E di qui la decisione di “condividere con tutti voi, sorelle e fratelli del nostro pianeta sofferente, le mie accorate preoccupazioni per la cura della nostra casa comune. Ma, con il passare del tempo, mi rendo conto che non reagiamo abbastanza, poiché il mondo che ci accoglie si sta sgretolando e forse si sta avvicinando a un punto di rottura”. Il mondo – difficile non essere d’accordo – non è nostro: “La Bibbia racconta che «Dio vide quanto aveva fatto, ed ecco, era cosa molto buona» (Gen 1,31). Sua è «la terra e quanto essa contiene» (Dt 10,14). Perciò Egli ci dice: «Le terre non si potranno vendere per sempre, perché la terra è mia e voi siete presso di me come forestieri e ospiti» (Lv 25,23). Pertanto, questa responsabilità di fronte ad una terra che è di Dio, implica che l’essere umano, dotato di intelligenza, rispetti le leggi della natura e i delicati equilibri tra gli esseri di questo mondo”.
Al centro c’è una delle affermazioni centrali della Laudato sì, tanto vera da non avere innescato grandi cambiamenti, che segnerebbero una inversione di tendenza nei modelli sociali, economici e di sviluppo. È quello che il papa chiama il “paradigma tecnocratico”, che è alla base dell’attuale processo di degrado ambientale. E cioè “un modo di comprendere la vita e l’azione umana che è deviato e che contraddice la realtà fino al punto di rovinarla”. In sostanza, consiste nel pensare “come se la realtà, il bene e la verità sbocciassero spontaneamente dal potere stesso della tecnologia e dell’economia”. Il paradigma tecnocratico come malattia del mondo, senza Dio e contro le donne e gli uomini concreti, resi irrilevanti: “Come conseguenza logica, da qui si passa facilmente all’idea di una crescita infinita o illimitata, che ha tanto entusiasmato gli economisti, i teorici della finanza e della tecnologia”.
Nella visione del papa tutto si tiene: crescita infinita e senso di onnipotenza, potenza dei poteri forti nei mercati e di una tecnologia indipendente dal primato dell’uomo, assenza del senso del limite, nella vita e nella ricerca, una quasi-onnipotenza – accettata nella cultura contemporanea anche sotto la spinta di campagne di pensiero – indipendente dalla centralità umana. Molti i passaggi che basterebbero, se tenuti a mente, a innescare un cambiamento, anche personale, ritrovando il gusto al bene comune: “Dio ci ha uniti a tutte le sue creature. Eppure, il paradigma tecnocratico può isolarci da ciò che ci circonda e ci inganna facendoci dimenticare che il mondo intero è una “zona di contatto”.

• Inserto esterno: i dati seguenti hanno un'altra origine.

ghost use Rattle.std.specs.Prelude.{◌≡◌, ℕ, ◌+◌, ◌≤◌, ◌<◌, ◌^◌, List, Option, None, Some, Ok, IfOk, IfErr, IfSome, option_map, length, All};
ghost use Rattle.outside.specs.Told.{Told, found, after_reads};
ghost use Rattle.cell_loading.specs.Files.{text_of, told_reads, IsLoadFault, IsUnread, GivesText};
ghost use Rattle.cell_loading.specs.Loaded.{names_in_turn, bytes_of, IsScriptIn, IsWithin, AreTexts};

use crate::refused::Refused;
use cell_script::{ScriptFault, read_script};
use outside::{Shelf, ShelfFault};
use rapid_limits::{MODULE_BYTES, SCRIPT_BYTES};
use rapid_model::Script;
use std::alloc::Global;

/// The texts of modules up to the first that could not be read, and why it could not, if there is one.
#[derive(Debug, Drop)]
pub struct Texts {
    pub texts: Vec<Vec<u8>>,
    pub failed: Option<Refused>,
}

/// The script in the file with this name, which is read first.
pub fn load_script<S: Shelf>(alloc: Global, shelf: &mut S, name: &str) -> Result<Script, Refused>
    ensures faults { S.faults shelf.old ≤ S.faults shelf.new }
    ensures told_after { S.told shelf.new ≡ option_map (after_reads 1) (S.told shelf.old) }
    ensures causes { IfErr result (IsLoadFault (S.faults shelf.old) (S.faults shelf.new)) }
    // It is what the read comes to by what the shelf reports,
    ensures told { IfSome (S.told shelf.old) (λ told. IsScriptIn (text_of 0 SCRIPT_BYTES (found told name.now)) result) }
    // and what some read comes to, whatever the shelf reports.
    ensures read { (gave : Option (List ℕ)) × IsScriptIn (text_of 0 SCRIPT_BYTES gave) result }
{
    let text = read_file(alloc, shelf, 0, SCRIPT_BYTES, name)?;
    script_of(alloc, text.as_slice())
}

/// The script that a text is.
pub fn script_of(alloc: Global, text: &[u8]) -> Result<Script, Refused>
    ensures script { IsScriptIn (Ok text.now) result }
    ensures causes { (old new : ℕ) → IfErr result (IsLoadFault old new) }
{
    match read_script(alloc, text) {
        Ok(script) => Ok(script),
        Err(ScriptFault::Rule { key, rule }) => Err(Refused::Script { key, rule }),
        Err(ScriptFault::Memory) => Err(Refused::Memory),
    }
}

/// The texts of the modules in the files with these names, in order: the first file after the script's has number 1.
/// Reading stops at the first one that cannot be read.
pub fn load_texts<S: Shelf>(alloc: Global, shelf: &mut S, modules: &[&str]) -> Texts
    requires { length modules.now < 2 ^ 31 }
    ensures faults { S.faults shelf.old ≤ S.faults shelf.new }
    ensures causes { IfSome result.failed (IsLoadFault (S.faults shelf.old) (S.faults shelf.new)) }
    ensures within { All IsWithin result.texts.items }
    ensures few { length result.texts.items ≤ length modules.now }
    ensures whole { result.failed ≡ None → length result.texts.items ≡ length modules.now }
    ensures unread { IfSome result.failed (λ refused. IsUnread (length result.texts.items + 1) refused × (length result.texts.items < length modules.now)) }
    // In terms of what was reported before the script was read.
    ensures told { (told : Told) → S.told shelf.old ≡ Some (after_reads 1 told) → AreTexts (told_reads told) 1 (names_in_turn modules.now) (bytes_of result.texts.items) result.failed }
    ensures told_after { result.failed ≡ None → (told : Told) → S.told shelf.old ≡ Some (after_reads 1 told) → S.told shelf.new ≡ Some (after_reads (length modules.now + 1) told) }
{
    let mut texts = Vec::new(alloc);
    for (k, name) in modules.iter().enumerate() {
        let text = match read_file(alloc, shelf, k as u32 + 1, MODULE_BYTES, name) {
            Ok(text) => text,
            Err(refused) => {
                return Texts {
                    texts,
                    failed: Some(refused),
                };
            }
        };
        match texts.push(text) {
            Ok(()) => {}
            Err(_) => {
                return Texts {
                    texts,
                    failed: Some(Refused::Memory),
                };
            }
        }
    }
    Texts {
        texts,
        failed: None,
    }
}

/// The bytes of a file, or why it could not be read.
pub fn read_file<S: Shelf>(
    alloc: Global,
    shelf: &mut S,
    file: u32,
    limit: usize,
    name: &str,
) -> Result<Vec<u8>, Refused>
    ensures faults { S.faults shelf.old ≤ S.faults shelf.new }
    ensures told_after { S.told shelf.new ≡ option_map (after_reads 1) (S.told shelf.old) }
    // A failed read was counted.
    ensures causes { IfErr result (IsLoadFault (S.faults shelf.old) (S.faults shelf.new)) }
    ensures unread { IfErr result (IsUnread file) }
    ensures within { IfOk result (λ bytes. length bytes.items ≤ limit) }
    ensures gives { IfSome (S.told shelf.old) (λ told. GivesText (text_of file limit (found told name.now)) result) }
{
    let mut bytes = Vec::new(alloc);
    match shelf.read(alloc, name, limit, &mut bytes) {
        Ok(()) => Ok(bytes),
        Err(ShelfFault::Failed) => Err(Refused::Read { file }),
        Err(ShelfFault::TooLong) => Err(Refused::TooLong { file }),
        Err(ShelfFault::Memory) => Err(Refused::Memory),
    }
}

Papa Francesco ci riconsegna una visione in cui le persone sono al centro della vita, ma non in maniera predatoria ed esclusiva. È quello che chiama l’“antropocentrismo situato”. Vale a dire, riconoscere che la vita umana è incomprensibile e insostenibile senza le altre creature. È già un’agenda per Cop 28, la Conferenza mondiale Onu sul cambiamento climatico. Ma è un’agenda per il futuro del mondo che dipende da tutti noi.